Hal ini dimaksudkan agar selain mengembangkan keunggulan lokal melalui penyediaan tenaga-
tenaga terdidik, juga menyikapi perlunya tersedia satuan pendidikan yang dapat menghasilkan
lulusan kaliber dunia di Indonesia.
Untuk menjamin terselenggaranya pendidikan yang berkualitas, maka pemerintah (pusat)

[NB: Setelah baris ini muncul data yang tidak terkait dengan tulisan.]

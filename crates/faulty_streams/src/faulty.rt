//! A reader that fails at a place.
ghost use Rattle.std.specs.Prelude.{◌≡◌, ◌-◌, ◌<◌, IfOk, IsErr, None, Ok, drop, length, min, take};
ghost use Rattle.std.specs.Io.{ReadsAtMost};
ghost use Rattle.std.specs.Io.KnownBytes.{ReadConsumes};

use std::io::{self, ErrorKind, Read};

/// Gives a text in pieces, and fails once no read is left. A read at the end of the text gives
/// nothing, and is one of those that are left.
#[derive(Drop)]
pub struct Faulty<'a> {
    /// What is still to be given.
    pub text: &'a [u8],
    /// How many bytes a read gives at most.
    pub piece: usize,
    /// How many reads succeed yet.
    pub left: u64,
}

impl Read for Faulty<'_> {
    // `BrokenPipe` once no read is left.
    fn read(&mut self, buf: &mut [u8]) -> io::Result<usize>
        ensures bound { ReadsAtMost result buf.new }
        ensures bytes { ReadConsumes None None result buf.new }
        ensures fails { self.old.left ≡ 0 → IsErr result }
        ensures gives { 0 < self.old.left → result ≡ Ok (min (min (length self.old.text.now)
            self.old.piece) (length buf.new)) }
        ensures given { IfOk result (λ n. take n buf.new ≡ take n self.old.text.now) }
        ensures rest { IfOk result (λ n. self.new.text.now ≡ drop n self.old.text.now) }
        ensures left { self.new.left ≡ self.old.left - 1 }
        ensures piece { self.new.piece ≡ self.old.piece }
    {
        let Some(left) = self.left.checked_sub(1) else {
            return Err(io::Error::from(ErrorKind::BrokenPipe));
        };
        self.left = left;
        let count = self.text.len().min(self.piece).min(buf.len());
        buf[..count].copy_from_slice(&self.text[..count]);
        self.text = &self.text[count..];
        Ok(count)
    }
}
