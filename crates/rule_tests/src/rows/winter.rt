//! Migrates, and times of de-icing. Written by `bench/rows/rows.py`.
use crate::rows::{Row, is_answered};

static ROWS_1: [Row; 23] = [
    Row {
        shows: "winter: an empty board is migrated",
        capacity: 100,
        starts: false,
        lines: r#"!migrate"}
!/
&>
"#,
        replies: r#"v -
^
~07U00444c4837`004133323`0004441494243U`00004544444d`0001`0020000028000a000c0002053884ba01UUUUUUUUUUUUUUU0000
"#,
    },
    Row {
        shows: "winter: a board with flights is migrated",
        capacity: 100,
        starts: true,
        lines: r#"$report","flight":8,"milestone":<
!migrate"}
&>
!=
"#,
        replies: r#"^
^
^
v -
~Y03U00.UUUUUUUUUUUUUU`00
| 8:CDM01
"#,
    },
    Row {
        shows: "winter: eczt is set and taken back",
        capacity: 100,
        starts: true,
        lines: r#"!migrate"}
Rqeczt"(10:00)
&>
Rqeczt"(01:00)
&>
Rqeczt","time":null}
&>
"#,
        replies: r#"^
^
v -
^
~Y03U00.UUUUUUUUU00003884ba01UUUU`00
^
~Y03U00.UUUUUUUUU00001c82ba01UUUU`00
^
~Y03U00.UUUUUUUUUUUUUU`00
"#,
    },
    Row {
        shows: "winter: eezt is set and taken back",
        capacity: 100,
        starts: true,
        lines: r#"!migrate"}
Rqeezt"(10:00)
&>
Rqeezt"(01:00)
&>
Rqeezt","time":null}
&>
"#,
        replies: r#"^
^
v -
^
~Y03U00.UUUUUUUUUU3884ba01UUUU
^
~Y03U00.UUUUUUUUUU1c82ba01UUUU
^
~Y03U00.UUUUUUUUUUUUUU`00
"#,
    },
    Row {
        shows: "winter: aczt is set and taken back",
        capacity: 100,
        starts: true,
        lines: r#"!migrate"}
Rqaczt"(10:00)
&>
Rqaczt"(01:00)
&>
Rqaczt","time":null}
&>
"#,
        replies: r#"^
^
v -
^
~Y03U00.UUUUUUUUUU`003884ba01UUU0000
^
~Y03U00.UUUUUUUUUU`001c82ba01UUU0000
^
~Y03U00.UUUUUUUUUUUUUU`00
"#,
    },
    Row {
        shows: "winter: aezt is set and taken back",
        capacity: 100,
        starts: true,
        lines: r#"!migrate"}
Rqaezt"(10:00)
&>
Rqaezt"(01:00)
&>
Rqaezt","time":null}
&>
"#,
        replies: r#"^
^
v -
^
~Y03U00.UUUUUUUUUUU00003884ba01UU`00
^
~Y03U00.UUUUUUUUUUU00001c82ba01UU`00
^
~Y03U00.UUUUUUUUUUUUUU`00
"#,
    },
    Row {
        shows: "winter: eezt is not before eczt",
        capacity: 100,
        starts: true,
        lines: r#"!migrate"}
Rqeczt"(10:00)
Rqeezt"(09:59)
Rqeezt"(10:00)
Rqeczt"(10:01)
Rqeezt","time":null}
Rqeczt"(10:01)
Rqeezt"(10:00)
"#,
        replies: r#"^
^
v -
^
_206
^
_206
^
^
_206
"#,
    },
    Row {
        shows: "winter: aezt is not before aczt",
        capacity: 100,
        starts: true,
        lines: r#"!migrate"}
Rqaczt"(10:00)
Rqaezt"(09:59)
Rqaezt"(10:00)
Rqaczt"(10:01)
Rqaezt","time":null}
Rqaczt"(10:01)
Rqaezt"(10:00)
"#,
        replies: r#"^
^
v -
^
_206
^
_206
^
^
_206
"#,
    },
    Row {
        shows: "winter: the two pairs are apart",
        capacity: 100,
        starts: true,
        lines: r#"!migrate"}
Rqeczt"(10:00)
Rqeezt"(10:30)
Rqaezt"(09:00)
Rqaczt"(08:00)
&>
Rqeezt","time":null}
Rqaczt","time":null}
&>
"#,
        replies: r#"^
^
v -
^
^
^
^
~Y03U00.UUUUUUUUU00003884ba015684ba01c083ba01fc83ba01UU`00
^
^
~Y03U00.UUUUUUUUU00003884ba01U0000fc83ba01UU`00
"#,
    },
    Row {
        shows: "winter: layout, flight, plan",
        capacity: 100,
        starts: false,
        lines: r#"Rdeice","flight":8,"field":"eczt"(10:00)
!migrate"}
Rqeczt"(10:00)
!/
Rqeczt"(10:00)
$+<
Rqeczt"(10:00)
"#,
        replies: r#"_325
v -
_202
^
_203
^
^
"#,
    },
    Row {
        shows: "winter: gone",
        capacity: 100,
        starts: true,
        lines: r#"*+9(10:00)
%+10(10:01)
%+13(09:58)
%+14(10:02)
%+15(10:03)
!migrate"}
Rqeczt"(10:00)
%+16(10:12)
Rqeezt"(09:00)
Rqeczt","time":null}
"#,
        replies: r#"^
^
^
^
^
^
^
v -
^
^
_204
_204
"#,
    },
    Row {
        shows: "winter: a time is a touch",
        capacity: 100,
        starts: false,
        lines: r#"1 29000749 APT {"cmd":"/
2 29000749 NM {"cmd":"+<
5 29000749 GH {"cmd":"+9(10:00)
2 29000749 NM {"cmd":"report","flight":8,"milestone":<
1 29000749 APT {"cmd":"migrate"}
1 29000750 APT {"cmd":"=
6 29000750 DIC {"cmd":"deice","flight":8,"field":"eczt"(10:00)
1 29000750 APT {"cmd":"=
6 29000750 DIC {"cmd":"qeczt"(09:00)
1 29000750 APT {"cmd":"=
"#,
        replies: r#"^
^
^
^
v -
| 8:CDM01
^
| 8:CDM01
^
| 7:CDM09;8:CDM01
"#,
    },
    Row {
        shows: "winter: a migrate is no touch",
        capacity: 100,
        starts: false,
        lines: r#"1 29000749 APT {"cmd":"/
2 29000749 NM {"cmd":"+<
5 29000749 GH {"cmd":"+9(10:00)
1 29000750 APT {"cmd":"migrate"}
1 29000750 APT {"cmd":"=
1 29000750 APT {"cmd":"X
1 29000750 APT {"cmd":"=
4 29000749 AO {"cmd":">
"#,
        replies: r#"^
^
^
v -
| -
^
| 7:CDM09
~Y0302`020000.UUUU3884ba01UUUUUUUUUU
"#,
    },
    Row {
        shows: "winter: local alerts and CDM14 stay",
        capacity: 100,
        starts: true,
        lines: r#"!@b7`02`V
!S6,"kind":"tobt","program":"bf3U007`ffffffffV
%+6(09:00)
!=
!migrate"}
!=
Rqeczt"(10:00)
!=
"#,
        replies: r#"^
^
^
^
^
| 7:CDM14,LOC01
v -
| 7:CDM14,LOC01
^
| 7:CDM14,LOC01
"#,
    },
    Row {
        shows: "winter: programs see the length",
        capacity: 100,
        starts: true,
        lines: r#"!@bf2U0V
%+6(09:00)
!=
!migrate"}
%+6(09:00)
!=
Rqeczt"(10:00)
!=
"#,
        replies: r#"^
^
^
^
| 7:LOC07
v -
^
| 7:LOC05,LOC07
^
| 7:LOC05,LOC07
"#,
    },
    Row {
        shows: "winter: a program reads a time of de-icing",
        capacity: 100,
        starts: true,
        lines: r#"!migrate"}
!@61108c`000095U00","length":160}
Rqaezt"(10:00)
!=
%+6(09:00)
!=
"#,
        replies: r#"^
^
v -
^
^
| -
^
| 7:LOC03,LOC04,LOC05,LOC10,LOC15
"#,
    },
    Row {
        shows: "winter: programs are unloaded",
        capacity: 100,
        starts: false,
        lines: r#"!S16,"kind":"alert","program":"250201008`0b7U00V
!S9,"kind":"alert","program":"b7U00V
!S16,"kind":"tobt","program":"250201008`0b7U00V
!S1,"kind":"tobt","program":"250201008`0b7U00V
!migrate"}
!unS16,"kind":"tobt"}
!unS16,"kind":"alert"}
!unS1,"kind":"tobt"}
!unS9,"kind":"alert"}
"#,
        replies: r#"^
^
^
^
v 1:tobt:308:2;16:tobt:308:2;16:alert:308:2
_321
_321
_321
^
"#,
    },
    Row {
        shows: "winter: an unloaded program runs no more",
        capacity: 100,
        starts: true,
        lines: r#"!@250201008`0b7`02`V
%+6(09:00)
!=
!migrate"}
%+6(09:00)
!=
&>
"#,
        replies: r#"^
^
^
^
| 7:LOC01
v 6:alert:308:2
^
| 7:LOC01
~Y43`00000200.UUfc83ba01UUUUUUUUUUUU
"#,
    },
    Row {
        shows: "winter: the same time again, and none, are touches",
        capacity: 100,
        starts: false,
        lines: r#"1 29000749 APT {"cmd":"/
2 29000749 NM {"cmd":"+<
5 29000749 GH {"cmd":"+9(10:00)
1 29000749 APT {"cmd":"migrate"}
6 29000749 DIC {"cmd":"qeczt"(10:00)
6 29000750 DIC {"cmd":"qeczt"(10:00)
1 29000750 APT {"cmd":"=
6 29000749 DIC {"cmd":"qeczt","time":null}
1 29000749 APT {"cmd":"=
6 29000750 DIC {"cmd":"qaezt","time":null}
1 29000750 APT {"cmd":"=
"#,
        replies: r#"^
^
^
v -
^
^
| 7:CDM09
^
| -
^
| 7:CDM09
"#,
    },
    Row {
        shows: "winter: each fault of a longer record",
        capacity: 100,
        starts: false,
        lines: r#"!S16,"kind":"tobt","program":"250202008`0b7U0095U00bf6U0b7U00V
!S3,"kind":"tobt","program":"250202008`0b7U0095U0071aU0b7U00V
!S2,"kind":"alert","program":"250202008`0b7U0095U0071a0f0ff`00b7U00V
!S9,"kind":"tobt","program":"250202008`0b7U0095U007201Ub7U00V
!S1,"kind":"tobt","program":"250202008`0b7U0095U0085`02`b7U00V
!@720a80ff`00bfa6U1f26U716U0V
!migrate"}
!unS6,"kind":"alert"}
"#,
        replies: r#"^
^
^
^
^
^
v 1:tobt:313:3;2:alert:310:3;3:tobt:309:3;6:alert:310:3;9:tobt:311:3;16:tobt:308:3
_321
"#,
    },
    Row {
        shows: "winter: the longer record has 160 bytes",
        capacity: 100,
        starts: false,
        lines: r#"!@150203009f`25020200a`0b7U0095U00bf6U0V
!migrate"}
!unS6,"kind":"alert"}
"#,
        replies: r#"^
v -
^
"#,
    },
    Row {
        shows: "winter: by milestone, and then by kind",
        capacity: 100,
        starts: false,
        lines: r#"!S1,"kind":"alert","program":"250201008`0b7U00V
!S16,"kind":"tobt","program":"250201008`0b7U00V
!S1,"kind":"tobt","program":"250201008`0b7U00V
!migrate"}
"#,
        replies: r#"^
^
^
v 1:tobt:308:2;1:alert:308:2;16:tobt:308:2
"#,
    },
    Row {
        shows: "winter: the length of a program",
        capacity: 100,
        starts: false,
        lines: r#"!?b7U0095U00","length":160}
$?b7U0095U00","length":160}
!?b7U0095U00","length":128}
!migrate"}
!?b7U00V
!?b7U0095U00","length":128}
!?b7U0095U00","length":160}
!?61109c`0000V
!?61109c`000095U00","length":160}
!?61109d`000095U00","length":160}
"#,
        replies: r#"_323
_201
^
v -
_323
_323
^
bad 309 0
^
bad 309 0
"#,
    },
];

#[test]
fn part_1(rt: HostRuntime) {
    for row in &ROWS_1 {
        is_answered(&rt, rt.alloc(), row);
    }
}

static ROWS_2: [Row; 2] = [
    Row {
        shows: "winter: the fields of a load",
        capacity: 100,
        starts: false,
        lines: r#"!?b7U0095U00","length":null}
!?b7U0095U00","length":"160"}
!?b7U0095U00","length":127}
!?b7U0095U00","length":129}
!?b7U0095U00","length":161}
!?95U00","length":0}
!?9z","length":null}
"#,
        replies: r#"bad 103
bad 103
bad 104
bad 104
bad 104
bad 104
bad 104
"#,
    },
    Row {
        shows: "winter: the fields of a time",
        capacity: 100,
        starts: false,
        lines: r#"Rdeice","flight":0,"field":"eczt"(10:00)
Rdeice","flight":"7","field":"eczt"(10:00)
Rqaobt"(10:00)
RqECZT"(10:00)
Rq"(10:00)
Rdeice","flight":7,"field":7(10:00)
Rdeice","flight":7,"field":null(10:00)
Rqeczt","time":7}
Rqeczt","time":"10:00"}
Rqeczt"}
Rdeice","flight":7}
"#,
        replies: r#"bad 104
bad 103
bad 104
bad 104
bad 104
bad 103
bad 103
bad 103
bad 104
bad 103
bad 103
"#,
    },
];

#[test]
fn part_2(rt: HostRuntime) {
    for row in &ROWS_2 {
        is_answered(&rt, rt.alloc(), row);
    }
}
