//! Each condition of the alerts from CDM08 on, on both sides. Written by `bench/rows/rows.py`.
use crate::rows::{Row, is_answered};

static ROWS_1: [Row; 21] = [
    Row {
        shows: "CDM08: later",
        capacity: 100,
        starts: true,
        lines: r#"*+9(10:15)
!=
*+9(10:16)
!=
"#,
        replies: r#"^
^
^
| -
^
| 7:CDM08
"#,
    },
    Row {
        shows: "CDM08: earlier",
        capacity: 100,
        starts: true,
        lines: r#"*+9(09:45)
!=
*+9(09:44)
!=
"#,
        replies: r#"^
^
^
| -
^
| 7:CDM08
"#,
    },
    Row {
        shows: "CDM08: no target",
        capacity: 100,
        starts: true,
        lines: r#"!=
*+9(10:16)
*+9,"time":null}
!=
"#,
        replies: r#"^
^
| -
^
^
| 7:CDM10
"#,
    },
    Row {
        shows: "CDM09: ten minutes before",
        capacity: 100,
        starts: true,
        lines: r#"*+9(10:00)
1 29000749 APT {"cmd":"X
!=
1 29000750 APT {"cmd":"X
!=
"#,
        replies: r#"^
^
^
^
| -
^
| 7:CDM09
"#,
    },
    Row {
        shows: "CDM09: no target",
        capacity: 100,
        starts: true,
        lines: r#"1 29000790 APT {"cmd":"X
!=
*+9(10:00)
5 29000790 GH {"cmd":"+9,"time":null}
!=
"#,
        replies: r#"^
^
^
| -
^
^
| 7:CDM10
"#,
    },
    Row {
        shows: "CDM09: boarding",
        capacity: 100,
        starts: true,
        lines: r#"*+9(10:00)
1 29000750 APT {"cmd":"X
!=
5 29000750 GH {"cmd":"+11(09:40)
!=
"#,
        replies: r#"^
^
^
^
| 7:CDM09
^
| -
"#,
    },
    Row {
        shows: "CDM09: off-block",
        capacity: 100,
        starts: true,
        lines: r#"*+9(10:00)
%+10(10:01)
%+13(09:58)
%+14(10:02)
1 29000750 APT {"cmd":"X
!=
3 29000750 ATC {"cmd":"+15(10:03)
!=
1 29000755 APT {"cmd":"X
!=
"#,
        replies: r#"^
^
^
^
^
^
^
| 7:CDM09
^
| -
^
| -
"#,
    },
    Row {
        shows: "CDM09: at the last minute",
        capacity: 100,
        starts: false,
        lines: r#"1 4294967295 APT {"cmd":"S1,"kind":"tobt","program":"bf3U0V
1 4294967295 APT {"cmd":"/
2 4294967295 NM {"cmd":"+<
1 4294967295 APT {"cmd":"=
"#,
        replies: r#"^
^
^
| 7:CDM08,CDM09
"#,
    },
    Row {
        shows: "CDM10: the target stands",
        capacity: 100,
        starts: true,
        lines: r#"*+9(10:00)
!=
*+9,"time":null}
!=
*+9(10:00)
!=
"#,
        replies: r#"^
^
^
| -
^
| 7:CDM10
^
| -
"#,
    },
    Row {
        shows: "CDM10: no target was ever set",
        capacity: 100,
        starts: true,
        lines: r#"%+6(09:00)
!=
"#,
        replies: r#"^
^
^
| -
"#,
    },
    Row {
        shows: "CDM11: five minutes late",
        capacity: 100,
        starts: true,
        lines: r#"*+9(10:00)
%+10(10:01)
*+11(09:40)
1 29000766 APT {"cmd":"X
!=
1 29000767 APT {"cmd":"X
!=
"#,
        replies: r#"^
^
^
^
^
^
| -
^
| 7:CDM11
"#,
    },
    Row {
        shows: "CDM11: approved",
        capacity: 100,
        starts: true,
        lines: r#"*+9(10:00)
%+10(10:01)
*+11(09:40)
%+13(09:58)
1 29000767 APT {"cmd":"X
!=
3 29000767 ATC {"cmd":"+14(10:02)
!=
"#,
        replies: r#"^
^
^
^
^
^
^
| 7:CDM11
^
| -
"#,
    },
    Row {
        shows: "CDM11: no start-up time",
        capacity: 100,
        starts: true,
        lines: r#"*+9(10:00)
*+11(09:40)
1 29000767 APT {"cmd":"X
!=
"#,
        replies: r#"^
^
^
^
^
| -
"#,
    },
    Row {
        shows: "CDM11: a start-up time taken back",
        capacity: 100,
        starts: true,
        lines: r#"*+9(10:00)
%+10(10:01)
*+11(09:40)
5 29000767 GH {"cmd":"+9,"time":null}
!=
"#,
        replies: r#"^
^
^
^
^
^
| 7:CDM10
"#,
    },
    Row {
        shows: "CDM12: later",
        capacity: 100,
        starts: true,
        lines: r#"*+9(10:00)
%+10(10:01)
%+13(09:58)
%+14(10:06)
!=
%+14(10:07)
!=
"#,
        replies: r#"^
^
^
^
^
^
| -
^
| 7:CDM12
"#,
    },
    Row {
        shows: "CDM12: earlier",
        capacity: 100,
        starts: true,
        lines: r#"*+9(10:00)
%+10(10:01)
%+13(09:00)
%+14(09:56)
!=
%+14(09:55)
!=
"#,
        replies: r#"^
^
^
^
^
^
| -
^
| 7:CDM12
"#,
    },
    Row {
        shows: "CDM12: not approved",
        capacity: 100,
        starts: true,
        lines: r#"*+9(10:00)
%+10(10:01)
%+13(09:58)
!=
"#,
        replies: r#"^
^
^
^
^
| -
"#,
    },
    Row {
        shows: "CDM13: three hours before",
        capacity: 100,
        starts: false,
        lines: r#"1 29000579 APT {"cmd":"/
1 29000579 APT {"cmd":"=
1 29000580 APT {"cmd":"X
1 29000579 APT {"cmd":"=
"#,
        replies: r#"^
| -
^
| 7:CDM13
"#,
    },
    Row {
        shows: "CDM13: planned",
        capacity: 100,
        starts: false,
        lines: r#"!/
!=
$+<
!=
"#,
        replies: r#"^
| 7:CDM13
^
| -
"#,
    },
    Row {
        shows: "CDM13: at the last minute",
        capacity: 100,
        starts: false,
        lines: r#"1 4294967295 APT {"cmd":"/
1 4294967295 APT {"cmd":"=
"#,
        replies: r#"^
| 7:CDM13
"#,
    },
    Row {
        shows: "CDM13: planned alone",
        capacity: 100,
        starts: false,
        lines: r#"2 4294967295 NM {"cmd":"+<
1 4294967295 APT {"cmd":"=
"#,
        replies: r#"^
| 7:CDM01
"#,
    },
];

#[test]
fn part_1(rt: HostRuntime) {
    for row in &ROWS_1 {
        is_answered(&rt, rt.alloc(), row);
    }
}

dan pemerintah daerah wajib memfasilitasi satuan pendidikan dengan pendidik dan tenaga
kependidikan yang diperlukan (pasal 42 ayat 2). Dalam hal ini termasuk memfasilitasi dan/atau
menyediakan pendidik dan/atau guru yang seagama dengan peserta didik dan pendidik dan/atau
guru untuk mengembangkan bakat, minat dan kemampuan peserta didik (pasa 12 ayat 1 huruf a
dan b). Pendidik dan tenaga kependidikan dapat bekerja secara lintas daerah, yang pengangkatan,
penempatan dan penyebarannya diatur oleh lembaga yang mengangkatnya berdasarkan
kebutuhan satuan pendidikan formal (pasal 41 ayat 1 dan 2)). Selain itu pemerintah (pusat) atau
pemerintah daerah memiliki kewenangan mengeluarkan dan mencabut izin bagi semua satuan
pendidikan formal maupun non formal (pasal 62 ayat 1), sesuai dengan lingkup tugas masing-
masing. Dengan adanya desentralisasi perizinan akan semakin mendekatkan pelayanan klepada
rakyat, sesuai dengan tujuan otonomi pemerintahan daerah.
Peran Serta Masyarakat
Demokratisasi penyelenggaraan pendidikan, harus mendorong pemberdayaan masyarakat
dengan memperluas partisipasi masyarakat dalam pendidikan yang meliputi peran serta
perorangan, kelompok, keluarga, organisasi profesi, dan organisasi kemasyarakatan dalam
penyelenggaraan dan pengendalian mutu pelayanan pendidikan (pasal 54 ayat 1). Masyarakat
tersebut dapat berperanan sebagai sumber, pelaksana, dan pengguna hasil pendidikan (pasal 54
ayat 2). Oleh karena itu masyarakat berhak menyelenggarakan pendidikan yang berbasis
masyarakat, dengan mengembangkan dan melaksanakan kurikulum dan evaluasi pendidikan,
serta manajemen dan pendanaannya sesuai dengan standard nasional pendidikan (pasal 55 ayat 1
dan 2). Dana pendidikan yang berbasis masyarakat dapat bersumber dari penyelenggara,
masyarakat, pemerintah (pusat), pemerintah daerah dan/atau sumber lain (pasal 55 ayat 3).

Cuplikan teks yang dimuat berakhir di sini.